Alle stimmen ihr zu, als sechs Marketingbeauftragte regionaler Klein- bis Großunternehmen unter dem Titel „Lovebrands, Algorithmen und Emotionen“ erzählen, „was Marken heute wirklich stark macht“. Nicht Algorithmen nämlich, sagt Cristian Grajales als CMO des ortsansässigen Bauunternehmens Viebrockhaus, „sondern Menschen“. Schließlich sei „Vertrauen der Schmierstoff jeder Beziehung“, versichert Janina Lin Otto, Stiftungsvorständin der nachhaltigen „Holistic Foundation“, vor dem anschließenden Panel „Haltung oder Hype?“.
Es geht während der Premiere des CMO-Summit also um grundsätzliche Vermarktungsfragen. Und die werden – anders als bei Podiumsdiskussionen dieser Art üblich – nicht nur von oben herab diskutiert. Ebenso schwungvoll wie fachkundig moderiert von der „Abendblatt“-Digitalchefin Cordula Schmitz und Finn Rieken (Radio Hamburg), ist das Publikum hier integraler Bestandteil einer lebhaften Debatte.

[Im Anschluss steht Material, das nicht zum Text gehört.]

//! Clients that come and go, with their transports and the drainers of their losses.

ghost use Rattle.std.specs.Prelude.{◌≡◌, ◌+◌, ◌-◌, ◌^◌, ◌⊎◌, ℕ, List, None, Ok, Err, Some, IfOk, IfErr, OnOk, OnErr, false, is_ok, true};
ghost use Rattle.std.specs.Option.{is_some, option_map};
ghost use Rattle.sentry_base.specs.Losses.{no_losses};
ghost use Rattle.sentry_calls.specs.Clients as clients;
ghost use Rattle.sentry_plain.specs.Tables.{value_at, put, replace_at, without};
ghost use Rattle.sentry_state.specs.Books.{has_book};
ghost use Rattle.sentry_state.specs.Outcomes.{Does};
ghost use Rattle.sentry_state.specs.Worlds.{World, Stands};
ghost use Rattle.sentry_state.specs.declared.state.State.{State};
ghost use Rattle.sentry_lock.specs.Answers.{AddsNot};
ghost use Rattle.sentry_lock.specs.Locked.{DrainsAll, ForgetsDropped, Replies};
ghost use Rattle.sentry_lock.specs.Routes.{AddsTransport, ForgetsTransport, transports_with};
ghost use Rattle.sentry_lock.specs.ValueCalls.{dropped_label};
ghost use Rattle.sentry_lock.specs.Words.{AddsDrainer, Drainers};

use crate::handed::{Handed, TransportTable, Transports};
use crate::locked::Core;
use sentry_base::callbacks::EventCallback;
use sentry_base::protocol::{ClientKey, Label, Refusal};
use sentry_client_reports::CountedDrainer;
use sentry_engine::call::{Call, ClientCall};
use sentry_engine::{Engine, Out};
use sentry_options::{Callbacks, ClientOptions};
use sentry_plain::{Shared, Table};
use std::alloc::{AllocError, Global};

// The transports with one more, under this number.
fn with_transport<T: Drop>(
    alloc: Global,
    transports: &TransportTable<T>,
    number: u64,
    transport: Option<Shared<T>>,
) -> Result<TransportTable<T>, AllocError> {
    let Some(transport) = transport else {
        return transports.clone();
    };
    let mut table = transports.get().clone()?;
    table.insert(number, transport)?;
    Shared::new(alloc, table)
}

// The transports without the one under this number.
fn without_transport<T: Drop>(
    alloc: Global,
    transports: &TransportTable<T>,
    number: u64,
) -> Result<TransportTable<T>, AllocError> {
    let mut table = transports.get().clone()?;
    drop(table.remove(number));
    Shared::new(alloc, table)
}

// A share of the transport under this number.
fn share_at<T: Drop>(
    transports: &TransportTable<T>,
    number: u64,
) -> Result<Option<Shared<T>>, AllocError>
    ensures { IfOk result (λ share. share ≡ value_at transports.now number) }
{
    match transports.get().get(number) {
        Some(transport) => Ok(Some(transport.clone()?)),
        None => Ok(None),
    }
}

// Puts the transport of a client that is to come, if it has one.
fn put_transport<T: Drop>(
    transports: &mut Table<Shared<T>>,
    number: u64,
    transport: Option<Shared<T>>,
) -> Result<(), AllocError>
    ensures ok { OnOk result (transports.new ≡ transports_with transports.old number transport) }
    ensures err { OnErr result (transports.new ≡ transports.old) }
{
    let Some(transport) = transport else {
        return Ok(());
    };
    transports.insert(number, transport)
}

Wie neue Marken zeitlos zukunftsfähig werden, möchte ein Zuschauer wissen. „Dank starker Markenfundamente und Markenkerne“, bietet Dagmar Janke am Exempel der unabänderlich blauen Nivea-Dose an. Also: „Unverwechselbare Bilder“ und „permanentes Brandcode-Training“. Welchen Einfluss KI auf das Marketing nehme, fragt eine Besucherin. Was Isabell Gardt am Fall eines OMR-Podcasts beantwortet, aus dem das digitale Tool mit nur einer „Prompt“ genannten Frage lesenswerte Newsletter generiert.
Und als ein Drehbuchautor kritisiert, der allzu offene Umgang mit KI gefährde nicht nur seinen Job, spricht sich Kristian Meinken, CEO der pilot Agenturgruppe, gegen Denkverbote aus. Die Frage sei ja nicht, „was KI irgendwann an menschlicher Arbeit ersetze, sondern wie bei ihrer Umsetzung die Bedürfnisse von Personal und Betrieb berücksichtigt würden. Trotz und wegen der Rationalisierungsgefahr, die alle Marketing-Kreativen betrifft, bleibt der CMO-Summit also positiv. Und falls das in Gefälligkeit abzugleiten droht, gibt es ja immer noch Michael Fritz.
Der Mitgründer von „Viva con Agua“ wettert mit beherzter Eloquenz gegen Ungerechtigkeit, Faschismus oder die „Relevanz der Irrelevanz und umgekehrt“. Dafür gibt es verlässlich Gelächter im Saal. Auf einer Veranstaltung, die Jean-Remy von Matt mit einer Flut kluger Slogans beendet. Der entscheidende: „Technologie schafft Vorsprung. Kreativität schafft Unterschied.“ Es könnte glatt das Motto der zweiten Ausgabe werden.